An additional concern is the leakage of magnetic fields from the
induction core 102 to nearby magnetic elements such as those forming the guide fields. Such leakage can result if the reluctance of the
induction core 102 is not very small compared to that of the leakage paths. As anyone experienced in the art will recognize, this leakage can be reduced by judicious use of conductive shields (not shown) placed between the affected elements and the sources of the fields or by the technique of flux forcing whereby the current driving the
induction core 102 is distributed along the length of the
induction core 102 by suitably connected conductive material driven in parallel to the
conductive portion 106 of the
vacuum chamber 104 in the embodiment shown in
FIG. 1 and the
primary coil 404 in the embodiment shown in
FIG. 4. Such modifications as described herein are necessarily specific to the geometry and nature of the materials used in the construction of the embodiment. All of these modifications will be recognized by those experienced in the art and are intended to be a part of this disclosure.
Important to the embodiments in this disclosure are the properties of the magnetic materials used to construct the
induction core 102. The functioning of these materials with respect to hysteresis loss and losses due to induced currents affect the performance of the accelerator. Likewise, the permeability of the induction core material and the value of the induction core saturation magnetic flux are important. A high permeability is desirable as is a high saturation flux. The use of amorphous magnetic materials with microcrystalline character and of ferrite materials are included as part of this disclosure to allow the use of high frequency switching of the magnetic field in the
induction core 102, but conventional magnetic materials may be used in appropriate applications of this disclosure as well.
Included in the disclosure of these embodiments is the use of magnetic guide fields indicated only schematically in FIGS. 1 and 4 that can encompass a broad range of energies in one region of space. One such method uses the principles of Fixed Field Alternating Gradients (FFAG). There are several FFAG design modalities available such as the so-called scaling and non-scaling varieties. Hybrid systems are possible also. Non-FFAG modalities may also be used depending on cost and performance objectives. It will be recognized by those experienced in the art that the design of such guide fields is well understood and discussed in much literature, some of which is reported in the book by M. S. Livingston and J. P. Blewett cited earlier. All such techniques are encompassed in the scope of the disclosure of these embodiments.
Although the methods and systems have been described relative to specific embodiments thereof, they are not so limited. Obviously many modifications and variations may become apparent in light of the above teachings.

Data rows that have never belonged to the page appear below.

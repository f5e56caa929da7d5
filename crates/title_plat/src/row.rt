//! The rows of a sheet.

ghost use Rattle.std.specs.Prelude.{◌≡◌, slice_range};
ghost use Rattle.title_plat.specs.Parts.{same_estate, is_row_of};

use title_aliquot::Node;
use title_instrument::Estate;
use title_share::Share;

/// The estates, in the order in which a sheet lists them.
pub const ESTATES: [Estate; 3] = [Estate::S, Estate::O, Estate::M];

/// One row of a sheet: this party has this share of an estate in each cell of a node.
#[derive(Drop)]
pub struct Row {
    pub node: Node,
    pub estate: Estate,
    pub party: String,
    pub share: Share,
}

/// Whether two estates are one.
pub(crate) fn same_estate(a: Estate, b: Estate) -> bool
    ensures same { result ≡ same_estate a b }
{
    a == b
}

/// Whether a row is of this node and estate.
pub(crate) fn is_row_of(row: &Row, node: &Node, estate: Estate) -> bool
    ensures is { result ≡ is_row_of node.now estate row.now }
{
    row.node.is(node) && same_estate(row.estate, estate)
}

/// The rows from one place to before another, as far as there are any.
pub(crate) fn rows_between(rows: &[Row], first: usize, end: usize) -> &[Row]
    ensures between { result.now ≡ slice_range rows.now first end }
{
    let end = end.min(rows.len());
    &rows[first.min(end)..end]
}
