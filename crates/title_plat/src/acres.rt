//! Net acres.

ghost use Rattle.std.specs.Prelude.{◌≡◌, ◌+◌, ◌^◌, ◌<◌, SomeIff};
ghost use Rattle.title_plat.specs.NetAcres.{is_of, net_units, node_half_acres, row_units, ten_thousandths, units_given};

use crate::row::{Row, same_estate};
use std::fmt;
use title_aliquot::{Node, Tract};
use title_instrument::Estate;
use title_land::acres::TOWNSHIP_HALF_ACRES;

/// Acres, in units of which a half acre has 4,294,967,296, printed to four decimals, a half of the last rounded up.
#[derive(Clone, Copy, Debug, PartialEq, Eq)]
pub struct NetAcres {
    pub units: u64,
}

/// So many units in ten thousandths of an acre, a half rounded up.
pub fn ten_thousandths(units: u64) -> u64
    ensures rounded { result ≡ ten_thousandths units }
{
    let whole = units / (1 << 33);
    let rest = units % (1 << 33);
    whole * 10_000 + (rest * 10_000 + (1 << 32)) / (1 << 33)
}

impl fmt::Display for NetAcres {
    fn fmt<W: fmt::Write>(&self, f: &mut fmt::Formatter<W>) -> fmt::Result {
        let all = ten_thousandths(self.units);
        let acres = all / 10_000;
        let part = all % 10_000;
        write!(f, "{acres}.{part:04}")
    }
}

/// The half acres of a node: those of so many townships for the whole plant.
pub(crate) fn half_acres_of(node: Node, townships: u32) -> u64
    ensures half_acres { result ≡ node_half_acres townships node }
{
    match Tract::of(node).half_acres() {
        Some(half_acres) => u64::from(half_acres),
        None => u64::from(townships) * u64::from(TOWNSHIP_HALF_ACRES),
    }
}

// Whether a row is one of this party and estate.
fn is_of(row: &Row, party: &str, estate: Estate) -> bool
    ensures is { result ≡ is_of party.now estate row.now }
{
    same_estate(row.estate, estate) && row.party.as_str() == party
}

// What a row gives its party, in units; `None` where that is too many for 64 bits.
fn row_units(row: &Row, townships: u32) -> Option<u64>
    ensures units { SomeIff result (row_units townships row.now < 2 ^ 64) (row_units townships row.now) }
{
    half_acres_of(row.node, townships).checked_mul(row.share.units())
}

// A sum with what a row gives the party in the estate; `None` where that is too much for 64 bits.
fn with_row(sum: u64, row: &Row, party: &str, estate: Estate, townships: u32) -> Option<u64>
    ensures sum { SomeIff result (sum + units_given townships party.now estate row.now < 2 ^ 64)
        (sum + units_given townships party.now estate row.now) }
{
    if is_of(row, party, estate) {
        sum.checked_add(row_units(row, townships)?)
    } else {
        Some(sum)
    }
}

/// A party's net acres of an estate, in units: over its rows of the estate, the sum of each node's half acres times the
/// share. `None` exactly where they are too many for 64 bits.
pub fn net_units(rows: &[Row], party: &str, estate: Estate, townships: u32) -> Option<u64>
    ensures net { SomeIff result (net_units townships party.now estate rows.now < 2 ^ 64)
        (net_units townships party.now estate rows.now) }
{
    let mut sum: u64 = 0;
    for row in rows {
        sum = with_row(sum, row, party, estate, townships)?;
    }
    Some(sum)
}
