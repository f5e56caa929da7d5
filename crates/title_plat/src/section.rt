//! A section as its grid.

use crate::canvas::{Area, Canvas};
use crate::label::{label, tip};
use crate::owners::Keyed;
use crate::squares::square_in;
use std::alloc::AllocError;
use title_aliquot::{Node, Rectangle, Section};
use title_instrument::Estate;

/// The side of a panel, a section's or a township's, in pixels.
pub(crate) const PANEL: u32 = 384;

// The pixels of a cell's side in a section's panel.
const CELL: u32 = 24;

/// The square of a panel in which a section's rectangle is drawn, where a cell's side has so many pixels.
pub(crate) fn area_in(panel: Area, rectangle: Rectangle, cell: u32) -> Area {
    Area {
        x: panel
            .x
            .saturating_add(u32::from(rectangle.left).saturating_mul(cell)),
        y: panel
            .y
            .saturating_add(u32::from(rectangle.top).saturating_mul(cell)),
        width: u32::from(rectangle.width).saturating_mul(cell),
        height: u32::from(rectangle.height).saturating_mul(cell),
    }
}

// The square of a part's node in the section of the panel; the whole panel where that isn't a section's.
fn square_of(section: Option<Section>, node: &Node) -> Rectangle {
    match section {
        Some(section) => square_in(section, node).unwrap_or(Rectangle::section()),
        None => Rectangle::section(),
    }
}

// Draws a part.
fn add_part(
    canvas: &mut Canvas,
    panel: Area,
    section: Option<Section>,
    keyed: &Keyed<'_>,
) -> Result<(), AllocError> {
    let square = area_in(panel, square_of(section, &keyed.part.node), CELL);
    let tip = tip(canvas.alloc, keyed)?;
    canvas.begin(tip.as_str())?;
    canvas.filled(square, keyed.key)?;
    label(canvas, square, keyed)?;
    canvas.end()
}

// Draws the lines between the quarters of a section.
fn add_quarter_lines(canvas: &mut Canvas, panel: Area) -> Result<(), AllocError> {
    let half = panel.width / 2;
    let (x, y) = (panel.x.saturating_add(half), panel.y.saturating_add(half));
    canvas.line((x, panel.y), (x, panel.bottom()), "quarter")?;
    canvas.line((panel.x, y), (panel.right(), y), "quarter")
}

/// Draws the parts of an estate in a section, or of the whole plant.
pub(crate) fn add_section(
    canvas: &mut Canvas,
    panel: Area,
    section: Option<Section>,
    parts: &[Keyed<'_>],
    estate: Estate,
) -> Result<(), AllocError> {
    canvas.rect(panel, "land")?;
    add_quarter_lines(canvas, panel)?;
    for keyed in parts {
        if keyed.part.estate == estate {
            add_part(canvas, panel, section, keyed)?;
        }
    }
    canvas.rect(panel, "outline")
}
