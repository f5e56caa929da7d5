//! The table of a picture: each party's net acres in each estate.

use crate::acres::{NetAcres, net_units};
use crate::canvas::Canvas;
use crate::fault::PlatFault;
use crate::legend::{LINE, add_name};
use crate::row::{ESTATES, Row};
use std::alloc::{AllocError, Global};

// Where the columns of the table end, from its left side.
const FIRST: u32 = 330;

const STEP: u32 = 115;

const WIDTH: u32 = 560;

fn has_name(names: &[&str], name: &str) -> bool {
    for other in names {
        if *other == name {
            return true;
        }
    }
    false
}

/// The parties of some rows, in the order of their first rows.
pub(crate) fn parties_of(alloc: Global, rows: &[Row]) -> Result<Vec<&str>, AllocError> {
    let mut names = Vec::new(alloc);
    for row in rows {
        if !has_name(names.as_slice(), row.party.as_str()) {
            names.push(row.party.as_str())?;
        }
    }
    Ok(names)
}

// Writes a party's net acres, a column for each estate.
fn add_party(
    canvas: &mut Canvas,
    x: u32,
    y: u32,
    rows: &[Row],
    party: &str,
    townships: u32,
) -> Result<(), PlatFault> {
    add_name(canvas, x, y, FIRST - 100, party)?;
    let mut column = x.saturating_add(FIRST);
    for estate in ESTATES {
        let Some(units) = net_units(rows, party, estate, townships) else {
            return Err(PlatFault::NotASheet);
        };
        let text = if units == 0 {
            String::from_str(canvas.alloc, "\u{2013}")?
        } else {
            let acres = NetAcres { units };
            format!(in canvas.alloc; "{acres}")?
        };
        canvas.text(column, y, "r13", text.as_str())?;
        column = column.saturating_add(STEP);
    }
    Ok(())
}

// Writes the heads of the columns.
fn add_heads(canvas: &mut Canvas, x: u32, y: u32) -> Result<(), AllocError> {
    canvas.text(x, y, "head", "Net acres")?;
    canvas.text(x.saturating_add(FIRST), y, "rhead", "Surface")?;
    canvas.text(x.saturating_add(FIRST + STEP), y, "rhead", "Oil and gas")?;
    canvas.text(x.saturating_add(FIRST + 2 * STEP), y, "rhead", "Other min.")?;
    let rule = y.saturating_add(7);
    canvas.line((x, rule), (x.saturating_add(WIDTH), rule), "rule")
}

/// Writes the table from this height on, and answers where it ends.
pub(crate) fn add_table(
    canvas: &mut Canvas,
    x: u32,
    top: u32,
    rows: &[Row],
    townships: u32,
) -> Result<u32, PlatFault> {
    add_heads(canvas, x, top)?;
    let mut y = top.saturating_add(28);
    let parties = parties_of(canvas.alloc, rows)?;
    for party in parties.iter() {
        add_party(canvas, x, y, rows, party, townships)?;
        y = y.saturating_add(LINE);
    }
    Ok(y)
}
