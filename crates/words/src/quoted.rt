//! Requests in which texts stand in quotes, as `write 40:1 28 "Hello"`: a backslash stands there before a quote, a
//! backslash, or `x` and two hexadecimal digits.

ghost use Rattle.std.specs.Prelude.{◌≡◌, ◌⊎◌, ◌<◌, ◌∷◌, ◌++◌, [], IfOk, IfErr, option_map};
ghost use Rattle.printing.specs.Printed.{pair_of};
ghost use Rattle.printing.specs.Printed as printed;
ghost use Rattle.primitives.specs.Sound.{IsSoundRequest};
ghost use Rattle.words.specs.NoRequests.{HasSingleValues};
ghost use Rattle.words.specs.Quoted.{NoQuoted, SaysQuoted, SaysQuotedUnfit};
ghost use Rattle.words.specs.Quoted as spec;

use crate::parts::cut_at;
use crate::request::parse_request;
use crate::unread::Unread;
use primitives::Request;
use std::alloc::{AllocError, Allocator};

/// Where a character stands.
#[derive(Clone, Copy, Debug, PartialEq, Eq)]
enum Place {
    /// Outside of all texts.
    Outside,
    /// Right behind the quote that begins a text.
    Begun,
    /// In a text.
    Inside,
    /// Right behind a backslash.
    Escaped,
    /// Where the first of two hexadecimal digits has to stand.
    HighDigit,
    /// Where the second one has to stand.
    LowDigit,
}

/// The request that words say, in which texts may stand in quotes; it has a spelling, and one value for each write.
///
/// # Errors
/// `Memory`, `Request` for a text in quotes that doesn't end or has another escape, or what is missing of the words.
#[tactic(auto, using(crate::proofs::QuotedLaws::quoted_laws))]
pub fn parse_quoted_request<A: Allocator + Copy>(
    alloc: A,
    words: &str,
) -> Result<Request<A>, Unread>
    ensures read { IfOk result (SaysQuoted words.now) }
    ensures single { IfOk result HasSingleValues }
    ensures sound { IfOk result IsSoundRequest }
    ensures refused { IfErr result (λ e. (e ≡ Unread.Memory) ⊎ NoQuoted A words.now ⊎ SaysQuotedUnfit A words.now) }
{
    match cut_at(words, '"') {
        Some(_) => parse_unquoted(alloc, words),
        None => parse_request(alloc, words),
    }
}

/// The request that words say in which a quote stands.
#[tactic(auto, using(crate::proofs::QuotedLaws::quoted_laws))]
fn parse_unquoted<A: Allocator + Copy>(alloc: A, words: &str) -> Result<Request<A>, Unread>
    ensures read { IfOk result (SaysQuoted words.now) }
    ensures single { IfOk result HasSingleValues }
    ensures sound { IfOk result IsSoundRequest }
    ensures refused { IfErr result (λ e. (e ≡ Unread.Memory) ⊎ NoQuoted A words.now ⊎ SaysQuotedUnfit A words.now) }
{
    let Some(plain) = unquoted(alloc, words)? else {
        return Err(Unread::Request);
    };
    let Ok(plain) = std::str::from_utf8(plain.as_slice()) else {
        return Err(Unread::Request);
    };
    parse_request(alloc, plain)
}

/// The words with `text` and its octets in place of each text in quotes; none where a text doesn't end, or has another
/// escape.
///
/// # Errors
/// Want of memory.
#[tactic(auto, using(crate::proofs::QuotedLaws::scan_laws))]
pub fn unquoted<A: Allocator + Copy>(
    alloc: A,
    words: &str,
) -> Result<Option<Vec<u8, A>>, AllocError>
    ensures { IfOk result (λ plain. option_map (λ p. p.items) plain ≡ spec.unquoted words.now) }
{
    let mut said = Vec::new(alloc);
    let mut place = Place::Outside;
    let mut left = words.as_bytes();
    while let [octet, rest @ ..] = left {
        let Some((now_said, at)) = with_next(said, place, *octet)? else {
            return Ok(None);
        };
        said = now_said;
        place = at;
        left = rest;
    }
    match place {
        Place::Outside => Ok(Some(said)),
        _ => Ok(None),
    }
}

/// What a character makes of what is said so far, and where the next one stands.
fn with_next<A: Allocator>(
    said: Vec<u8, A>,
    place: Place,
    octet: u8,
) -> Result<Option<(Vec<u8, A>, Place)>, AllocError>
    ensures { IfOk result (λ next. option_map (λ n. (n.0.items, n.1)) next ≡ spec.with_next said.items place octet) }
{
    match place {
        Place::Outside if octet == b'"' => Ok(Some((with_kind(said)?, Place::Begun))),
        Place::Outside => Ok(Some((with_octet(said, octet)?, Place::Outside))),
        Place::Begun if octet == b'"' => Ok(Some((with_octet(said, b'-')?, Place::Outside))),
        Place::Begun | Place::Inside => in_quotes(said, octet),
        Place::Escaped => escaped(said, octet),
        Place::HighDigit if is_digit(octet) => {
            Ok(Some((with_octet(said, octet)?, Place::LowDigit)))
        }
        Place::LowDigit if is_digit(octet) => Ok(Some((with_octet(said, octet)?, Place::Inside))),
        Place::HighDigit | Place::LowDigit => Ok(None),
    }
}

/// The same of a character in a text.
fn in_quotes<A: Allocator>(
    said: Vec<u8, A>,
    octet: u8,
) -> Result<Option<(Vec<u8, A>, Place)>, AllocError>
    ensures { IfOk result (λ next. option_map (λ n. (n.0.items, n.1)) next ≡ spec.in_quotes said.items octet) }
{
    match octet {
        b'"' => Ok(Some((said, Place::Outside))),
        b'\\' => Ok(Some((said, Place::Escaped))),
        _ => Ok(Some((with_pair(said, octet)?, Place::Inside))),
    }
}

/// The same of a character behind a backslash.
fn escaped<A: Allocator>(
    said: Vec<u8, A>,
    octet: u8,
) -> Result<Option<(Vec<u8, A>, Place)>, AllocError>
    ensures { IfOk result (λ next. option_map (λ n. (n.0.items, n.1)) next
        ≡ spec.with_next said.items Place.Escaped octet) }
{
    match octet {
        b'"' | b'\\' => Ok(Some((with_pair(said, octet)?, Place::Inside))),
        b'x' => Ok(Some((said, Place::HighDigit))),
        _ => Ok(None),
    }
}

/// Whether a character is a hexadecimal digit of either case.
fn is_digit(octet: u8) -> bool
    ensures { result ≡ spec.is_digit octet }
{
    matches!(octet, b'0'..=b'9' | b'A'..=b'F' | b'a'..=b'f')
}

/// What is said so far, and `text` where it doesn't end with that.
fn with_kind<A: Allocator>(said: Vec<u8, A>) -> Result<Vec<u8, A>, AllocError>
    ensures { IfOk result (λ now_said. now_said.items ≡ said.items ++ spec.kind_before said.items) }
{
    let mut said = said;
    if !said.as_slice().ends_with(b"text ") {
        said.extend_from_slice(b"text ")?;
    }
    Ok(said)
}

/// What is said so far, and an octet.
fn with_octet<A: Allocator>(said: Vec<u8, A>, octet: u8) -> Result<Vec<u8, A>, AllocError>
    ensures { IfOk result (λ now_said. now_said.items ≡ said.items ++ octet ∷ []) }
{
    let mut said = said;
    said.push(octet)?;
    Ok(said)
}

/// What is said so far, and an octet as two hexadecimal digits.
fn with_pair<A: Allocator>(said: Vec<u8, A>, octet: u8) -> Result<Vec<u8, A>, AllocError>
    ensures { IfOk result (λ now_said. now_said.items ≡ said.items ++ pair_of octet) }
{
    let said = with_octet(said, digit(octet / 16))?;
    with_octet(said, digit(octet % 16))
}

/// A hexadecimal digit, from A on in upper case.
fn digit(number: u8) -> u8
    requires { number < 16 }
    ensures { result ≡ printed.digit number }
{
    if number < 10 {
        48 + number
    } else {
        55 + number
    }
}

While the systems and methods disclosed herein have been particularly shown and described with references to exemplary embodiments thereof, it will be understood by those skilled in the art that various changes in form and details may be made therein without departing from the scope of the disclosure. It should be realized this disclosure is also capable of a wide variety of further and other embodiments within the spirit of the disclosure. Those skilled in the art will recognize or be able to ascertain using no more than routine experimentation, many equivalents to the exemplary embodiments described specifically herein. Such equivalents are intended to be encompassed in the scope of the present disclosure.